映像編集PCを組む際、CPUとGPUのバランスを取ることが重要。

どちらか一方だけが高性能でも、もう一方がボトルネックになってしまえば全体のパフォーマンスは上がりません。

Core Ultra 7 265KとGeForce RTX 5070の組み合わせは、4K編集を快適にこなせる性能を持ちながら、価格も抑えられたバランス型構成として多くのクリエイターに支持されています。

この構成なら、Lumetriカラーを多用したカラーグレーディングも、複数のエフェクトを重ねた複雑な編集も、ストレスなく作業できます。

書き出し時間も実用的な範囲に収まり、フルHDなら10分の動画を5分程度、4Kでも15分程度で完了するでしょう。

メモリは32GBあれば充分ですが、予算に余裕があるなら64GBにしておくと安心感があります。

AMD派ならRyzen 7 9700XとRadeon RX 9070XTの組み合わせも選択肢。

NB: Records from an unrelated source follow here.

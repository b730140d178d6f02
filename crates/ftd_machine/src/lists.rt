//! Texts and lists inside requests and replies. Contracts see each as a list.

ghost use Rattle.std.specs.Prelude.{◌≡◌, IfOk};
ghost use Rattle.std.specs.String.{string_bytes};
ghost use Rattle.ftd_machine.specs.Agenda.{depends_on_total};

use ftd_days::{Cents, Day};
use ftd_rules::{DaySum, DueRow, Form, ListOf, Verdict};
use std::alloc::{AllocError, Global};
use std::marker::Model;

/// The name of an account, as it was given.
#[derive(Drop)]
pub struct AccountName {
    name: String,
}

impl Model for AccountName {
    ghost use Rattle.std.specs.Prelude.{List, ℕ};
    ghost use Rattle.std.specs.String.{string_bytes};

    ghost Value = { List ℕ };

    ghost view = { λ a. string_bytes a.name };
}

impl AccountName {
    /// The text as a name.
    pub fn from_string(name: String) -> AccountName
        ensures { result ≡ string_bytes name }
    {
        AccountName { name }
    }

    /// A copy of the text as a name. An error if there is no memory.
    pub fn copy_of(alloc: Global, name: &str) -> Result<AccountName, AllocError>
        ensures { IfOk result (λ copy. copy ≡ name.now) }
    {
        Ok(AccountName {
            name: String::from_str(alloc, name)?,
        })
    }

    /// The name as a text.
    pub fn as_str(&self) -> &str
        ensures { result.now ≡ self.now }
    {
        &self.name
    }
}

/// Days.
pub type Days = ListOf<Day>;

/// The liability of some days.
pub type DaySums = ListOf<DaySum>;

/// The rows of a due list.
pub type DueRows = ListOf<DueRow>;

/// What is due over all accounts.
pub type AgendaRows = ListOf<AgendaRow>;

/// Money that counts for nothing, over all accounts.
pub type UnappliedRows = ListOf<UnappliedRow>;

/// Money of an account that counts for nothing: a payment for a day of no obligation, or what was
/// paid for an obligation, which is more than its amount. Amounts are in cents.
#[derive(Drop)]
pub struct UnappliedRow {
    /// The account.
    pub account: AccountName,
    /// The number of the payment. None where it is an obligation.
    pub payment: Option<u32>,
    /// The first day of the obligation, or the day that the payment is for.
    pub first: Day,
    /// The last day of the obligation, or the day that the payment is for.
    pub last: Day,
    /// The amount of the obligation; 0.00 where the payment counts for none.
    pub amount: Cents,
    /// What was paid for the obligation, by all its payments, or the amount of the payment.
    pub paid: Cents,
}

/// A row of what is due over all accounts.
#[derive(Drop)]
pub struct AgendaRow {
    /// The account that owes it.
    pub account: AccountName,
    /// The form that the account files.
    pub form: Form,
    /// The row of the account's due list of the quarter in which the obligation begins.
    pub row: DueRow,
    /// The day by which to pay what is left: the makeup date if the verdict is short; if it is
    /// with-return and the return period is over, the due date of the return; otherwise the
    /// obligation's due date.
    pub pay_by: Day,
}

impl AgendaRow {
    /// Whether the deposit may be paid with its return only if the total for the return stays below
    /// 2,500.00: the return period is not over, so that the day to pay by is the due date (Pub. 15
    /// section 11, "Payment with return").
    pub fn depends_on_total(&self) -> bool
        ensures { result ≡ depends_on_total self.now }
    {
        matches!(self.row.verdict, Verdict::WithReturn) && self.pay_by == self.row.obligation.due
    }
}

Zen5アーキテクチャの効率的な処理とRDNA 4の高速エンコードが相乗効果を生み、Intel+GeForce構成に匹敵するほどの快適性を実現します。

ハイエンド構成で時短を実現

プロフェッショナルな現場で求められるのは、何よりも時間効率。

納期が厳しいプロジェクトでは、レンダリング時間の短縮が死活問題になってきます。

Ryzen 9 9950X3DとGeForce RTX 5080の組み合わせは、8K素材の編集やAfter Effectsとの連携作業でも余裕を持って対応できるハイエンド構成です。

16コア32スレッドのRyzen 9 9950X3Dは、バックグラウンドレンダリングをしながら次のシーンの編集を進めるといったマルチタスクも難なくこなします。

3D V-Cacheによる大容量キャッシュは、複雑なエフェクト処理でも処理速度の低下を最小限に抑えてくれる効果があるのです。

RTX 5080の16GB VRAMは、高解像度素材を複数レイヤーで重ねても余裕があり、メモリ不足によるクラッシュのリスクを大幅に減らせます。

この構成ならメモリは64GB以上、できれば128GBを搭載したいところ。

ストレージもGen.4 SSDの2TBを2基搭載し、RAIDを組むことで読み書き速度をさらに向上させることもできます。

冷却面では水冷CPUクーラーを選択し、長時間のレンダリングでも安定した動作を確保しましょう。

コストパフォーマンス重視の構成

予算を抑えながらも実用的な編集環境を構築したいという方もいると思います。

Core Ultra 5 235FとGeForce RTX 5060Tiの組み合わせなら、フルHD編集をメインとする用途で充分な性能を発揮しながら、初期投資を抑えられるのが魅力。

Core Ultra 5 235Fは6コア12スレッドと控えめなスペックですが、最新アーキテクチャによる効率的な処理で、基本的な編集作業には充分な性能を持っています。

RTX 5060Tiのハードウェアエンコーダーは上位モデルと同等の機能を備えており、書き出し時間の短縮効果はしっかりと得られるのです。

メモリは32GB、ストレージはGen.4 SSDの1TBで構成すれば、トータルコストを大幅に抑えられます。

ただし4K素材を頻繁に扱う場合や、複雑なエフェクトを多用する編集スタイルの場合は、この構成では力不足を感じる場面も出てくるでしょう。

将来的なアップグレードを見越して、電源ユニットは余裕のある容量を選んでおくことをおすすめします。


BTOパソコンと自作PCの選択

BTOパソコンと自作PCの選択

BTOパソコンのメリット

BTOパソコンは、パーツ選びから組み立て、動作確認まですべてをショップが行ってくれるため、届いたその日から作業を始められます。

保証期間中のトラブルにも対応してもらえるため、パーツの相性問題やトラブルシューティングに時間を取られたくないクリエイターには、BTOパソコンが最適な選択といえるでしょう。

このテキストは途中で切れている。